One critical detail for me was that Quod Libet's music format classes expect QL's configuration to be loaded, hence the config.init line in my script. Without that, I get all sorts of errors when loading or saving files.

#!/usr/bin/python

import os, sys, re, UserDict
from warnings import warn

from quodlibet import config
from quodlibet.formats import MusicFile

config.init(os.path.join(os.getenv("HOME") + ".quodlibet" + "config"))

class AudioFile(UserDict.DictMixin):
    """A simple class just for tag editing.

    No internal mutagen tags are exposed, or filenames or anything. So
    calling clear() won't destroy the filename field or things like
    that. Use it like a dict, then .write() it to commit the changes.

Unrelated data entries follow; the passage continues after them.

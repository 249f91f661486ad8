// Listing, loading and copying.
use crate::made::{fresh_reel, told};
use flat::flat::FlatStock;
use listing::copy::copy_frames;
use listing::list::list_frames;
use listing::load::load_listing;
use reel::reel::LockedReel;
use std::alloc::Global;
use std::test::Fail;
use stock::condition::Condition;
use stock::stock::Stock;
use suites::short::ShortSuite;

// A reel of four slots of 16 bytes, slot 2 bad.
fn small(heap: Global) -> Result<LockedReel<FlatStock, ShortSuite>, Fail> {
    fresh_reel(heap, 16, 68, ShortSuite::new())
}

// The same with frames at 0 and 3.
fn filled(heap: Global) -> Result<LockedReel<FlatStock, ShortSuite>, Fail> {
    let mut reel = small(heap)?;
    reel.load(0, &[0xABu8; 16])?;
    reel.load(3, &[0xCDu8; 16])?;
    Ok(reel)
}

#[test]
fn a_listing_stops_where_the_area_ends(rt: HostRuntime) -> Result<(), Fail> {
    // two lines of 42 bytes in 83
    let reel = filled(rt.alloc())?;
    let mut area = [b'.'; 83];
    let text = told(rt.alloc(), list_frames(reel.stock(), &mut area))?;
    // the first line is written whole, and nothing behind it
    assert_eq!(rt; &area[7..11], b"0 AB".as_slice());
    assert_eq!(rt; &area[41..43], b"\n.".as_slice());
    assert_eq!(rt;
        text.as_str(),
        "line 2: the area has no room for it (refusal 14, layer 4, place 2)"
    );
    Ok(())
}

#[test]
fn a_reels_refusal_is_kept_in_the_line(rt: HostRuntime) -> Result<(), Fail> {
    let mut reel = small(rt.alloc())?;
    let answer = load_listing(
        &mut reel,
        b"00000001 000102030405060708090A0B0C0D0E0F\n00000002 000102030405060708090A0B0C0D0E0F\n",
    );
    let text = told(rt.alloc(), answer)?;
    assert_eq!(rt; reel.stock().condition(1), Condition::Filled);
    assert_eq!(rt; reel.stock().condition(2), Condition::Bad);
    assert_eq!(rt;
        text.as_str(),
        "line 2: address 2: slot 2 is bad: use another (refusal 8, layer 1, place 2); refusal 8, layer 3, place 2; refusal 8, layer 4, place 2"
    );
    Ok(())
}

#[test]
fn a_copy_holds_the_same(rt: HostRuntime) -> Result<(), Fail> {
    let from = filled(rt.alloc())?;
    let mut to = small(rt.alloc())?;
    let mut area = vec![in rt.alloc(); 0u8; 168]?;
    let lines = copy_frames(from.stock(), area.as_mut_slice(), &mut to)?;
    let mut out = [0u8; 16];
    to.take(3, &mut out)?;
    assert_eq!(rt; lines, 2);
    assert_eq!(rt; out, [0xCDu8; 16]);
    assert_eq!(rt; to.stock().condition(1), Condition::Blank);
    assert_eq!(rt; to.stock().condition(2), Condition::Bad);
    Ok(())
}
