// What the tests are made with.
use fault::report::Fault;
use flat::flat::FlatStock;
use reel::reel::LockedReel;
use std::alloc::Global;
use std::error::Error;
use std::test::Fail;
use stock::bad::BadSlots;
use stock::size::FrameSize;
use suite::suite::Suite;

pub(crate) fn bad_slots(slots: &[u64]) -> Result<BadSlots, Fail> {
    let mut bad = BadSlots::none();
    for slot in slots {
        bad.add(*slot)?;
    }
    Ok(bad)
}

// A fresh flat stock with frames of so many bytes over an area, and these slots listed as bad.
pub(crate) fn fresh_stock(area: Vec<u8>, frame: usize, bad: &[u64]) -> Result<FlatStock, Fail> {
    Ok(FlatStock::fresh(area, FrameSize::new(frame)?, bad_slots(bad)?))
}

// A fresh flat reel with frames of so many bytes over so large an area, slot 2 bad.
pub(crate) fn fresh_reel<Su: Suite + Drop>(
    heap: Global,
    frame: usize,
    area: usize,
    suite: Su,
) -> Result<LockedReel<FlatStock, Su>, Fail> {
    let stock = fresh_stock(vec![in heap; 0u8; area]?, frame, &[2])?;
    Ok(LockedReel::new(stock, suite))
}

// What an operator is told of a refused call.
pub(crate) fn told<T: Drop, F: Fault + Error>(
    heap: Global,
    answer: Result<T, F>,
) -> Result<String, Fail> {
    match answer {
        Ok(_) => Err(Fail::new("the call was not refused")),
        Err(fault) => Ok(format!(in heap; "{fault}")?),
    }
}
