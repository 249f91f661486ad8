// How stocks, reels and listings behave on examples. There are only tests here, so that the crates they are of are proved once.
#![tactic(auto)]

#[cfg(test)]
mod listings;
#[cfg(test)]
mod made;
#[cfg(test)]
mod reels;
#[cfg(test)]
mod stocks;
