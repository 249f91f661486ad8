// Frame sizes, bad-slot lists and the flat stock.
use crate::made::{bad_slots, fresh_stock, told};
use fault::report::refusal_number;
use fault::shape::ShapeFault;
use flat::flat::FlatStock;
use std::test::Fail;
use stock::bad::BadSlots;
use stock::condition::Condition;
use stock::size::FrameSize;
use stock::stock::Stock;

#[test]
fn frames_have_16_to_8208_bytes(rt: HostRuntime) {
    for (bytes, number) in [
        (0, Some(1)),
        (15, Some(1)),
        (16, None),
        (8208, None),
        (8209, Some(1)),
        (usize::MAX, Some(1)),
    ] {
        assert_eq!(rt;
            refusal_number(&FrameSize::new(bytes)),
            number,
            "{bytes} bytes"
        );
    }
}

#[test]
fn a_seventeenth_bad_slot_is_refused(rt: HostRuntime) {
    let mut bad = BadSlots::none();
    for slot in 100..116u64 {
        let _ = bad.add(slot);
    }
    let again = bad.add(107).is_ok();
    let more = bad.add(5).is_err();
    assert!(rt; again && more && bad.has(100) && bad.has(115) && !bad.has(5));
}

#[test]
fn a_slot_is_put_got_and_cleared(rt: HostRuntime) -> Result<(), Fail> {
    // four slots of 16 bytes over 68 bytes of 7
    let mut stock = fresh_stock(vec![in rt.alloc(); 7u8; 68]?, 16, &[2, 4])?;
    let mut out = [9u8; 16];
    assert_eq!(rt; stock.condition(1), Condition::Blank);
    stock.put(1, &[1u8; 16])?;
    assert_eq!(rt; stock.condition(1), Condition::Filled);
    stock.get(1, &mut out)?;
    stock.clear(1)?;
    assert_eq!(rt; stock.condition(1), Condition::Blank);
    assert_eq!(rt; out, [1u8; 16]);
    // the marks of all four slots are 0; the frame's bytes stay where they were, and so do those of the next slot
    let area = stock.into_area();
    assert_eq!(rt; area.len(), 68);
    for (at, byte) in [(0, 0), (17, 0), (18, 1), (33, 1), (34, 0), (35, 7), (51, 0)] {
        assert_eq!(rt; area.get(at).copied(), Some(byte), "at {at}");
    }
    Ok(())
}

#[test]
fn an_old_area_is_taken_as_it_is(rt: HostRuntime) -> Result<(), Fail> {
    // 60 bytes have room for three slots of 17; a mark other than 1 is blank, and the list outranks the mark
    let mut area = vec![in rt.alloc(); 1u8; 60]?;
    assert!(rt; area.len() == 60);
    area[17] = 2;
    let stock = FlatStock::over(area, FrameSize::new(16)?, bad_slots(&[2])?);
    for (slot, condition) in [
        (0, Condition::Filled),
        (1, Condition::Blank),
        (2, Condition::Bad),
        (3, Condition::NoSlot),
    ] {
        assert_eq!(rt; stock.condition(slot), condition, "slot {slot}");
    }
    Ok(())
}

#[test]
fn a_fault_says_what_to_do(rt: HostRuntime) -> Result<(), Fail> {
    let text = format!(in rt.alloc(); "{}", ShapeFault::FrameSize)?;
    assert_eq!(rt;
        text.as_str(),
        "a frame has 16 to 8208 bytes: choose such a length (refusal 1, layer 0, place 0)"
    );
    let text = told(rt.alloc(), Condition::Bad.allows_clear(7))?;
    assert_eq!(rt;
        text.as_str(),
        "slot 7 is bad: use another (refusal 8, layer 1, place 7)"
    );
    Ok(())
}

    Optional argument blacklist is a list of regexps matching
    non-transferrable tags. They will effectively be hidden, nether
    settable nor gettable.

    Or grab the actual underlying quodlibet format object from the
    .data field and get your hands dirty."""
    def __init__(self, filename, blacklist=()):
        self.data = MusicFile(filename)
        # Also exclude mutagen's internal tags
        self.blacklist = [ re.compile("^~") ] + blacklist
    def __getitem__(self, item):
        if self.blacklisted(item):
            warn("%s is a blacklisted key." % item)
        else:
            return self.data.__getitem__(item)
    def __setitem__(self, item, value):
        if self.blacklisted(item):
            warn("%s is a blacklisted key." % item)
        else:
            return self.data.__setitem__(item, value)
    def __delitem__(self, item):
        if self.blacklisted(item):
            warn("%s is a blacklisted key." % item)
        else:
            return self.data.__delitem__(item)
    def blacklisted(self, item):
        """Return True if tag is blacklisted.

        Blacklist automatically includes internal mutagen tags (those
        beginning with a tilde)."""
        for regex in self.blacklist:
            if re.search(regex, item):
                return True
        else:
            return False
    def keys(self):
        return [ key for key in self.data.keys() if not self.blacklisted(key) ]
    def write(self):
        return self.data.write()

# A list of regexps matching non-transferrable tags, like file format
# info and replaygain info. This will not be transferred from source,
# nor deleted from destination.
blacklist_regexes = [ re.compile(s) for s in (
        'encoded',
        'replaygain',
        ) ]

def copy_tags (src, dest):
    m_src = AudioFile(src, blacklist = blacklist_regexes)
    m_dest = AudioFile(dest, blacklist = m_src.blacklist)
    m_dest.clear()
    m_dest.update(m_src)
    m_dest.write()

if __name__ == '__main__':
    if len(sys.argv[1:]) == 0:
        print "No files specified."
    if len(sys.argv[1:]) % 2 != 0:
        print "Need an even number of files."
    file_pairs = dict(zip(sys.argv[1::2],sys.argv[2::2]))
    for pair in file_pairs.iteritems():
        print """Copying tags from "%s" to "%s" """ % pair
        copy_tags(pair[0],pair[1])

I have tested this script for copying between flac, ogg, and mp3, with "standard" tags, as well as arbitrary tags. It has worked perfectly so far.

Edit: I should mention that my class is called AudioFile, the same as QLLib's, because I started out using QLLib and then switched to my own implementation, and I was too lazy to change the class name. The point is that I haven't actually used any of QLLib's code.

As for the reason that I abandoned QLLib, it didn't work for me. I suspect it was getting the same config-related errors as I was, but was silently ignoring them and simply failing to write tags.

Ryan Thompson
And, as predicted by Murphy's law, QLLib started working perfectly for me as soon as I finished writing this script.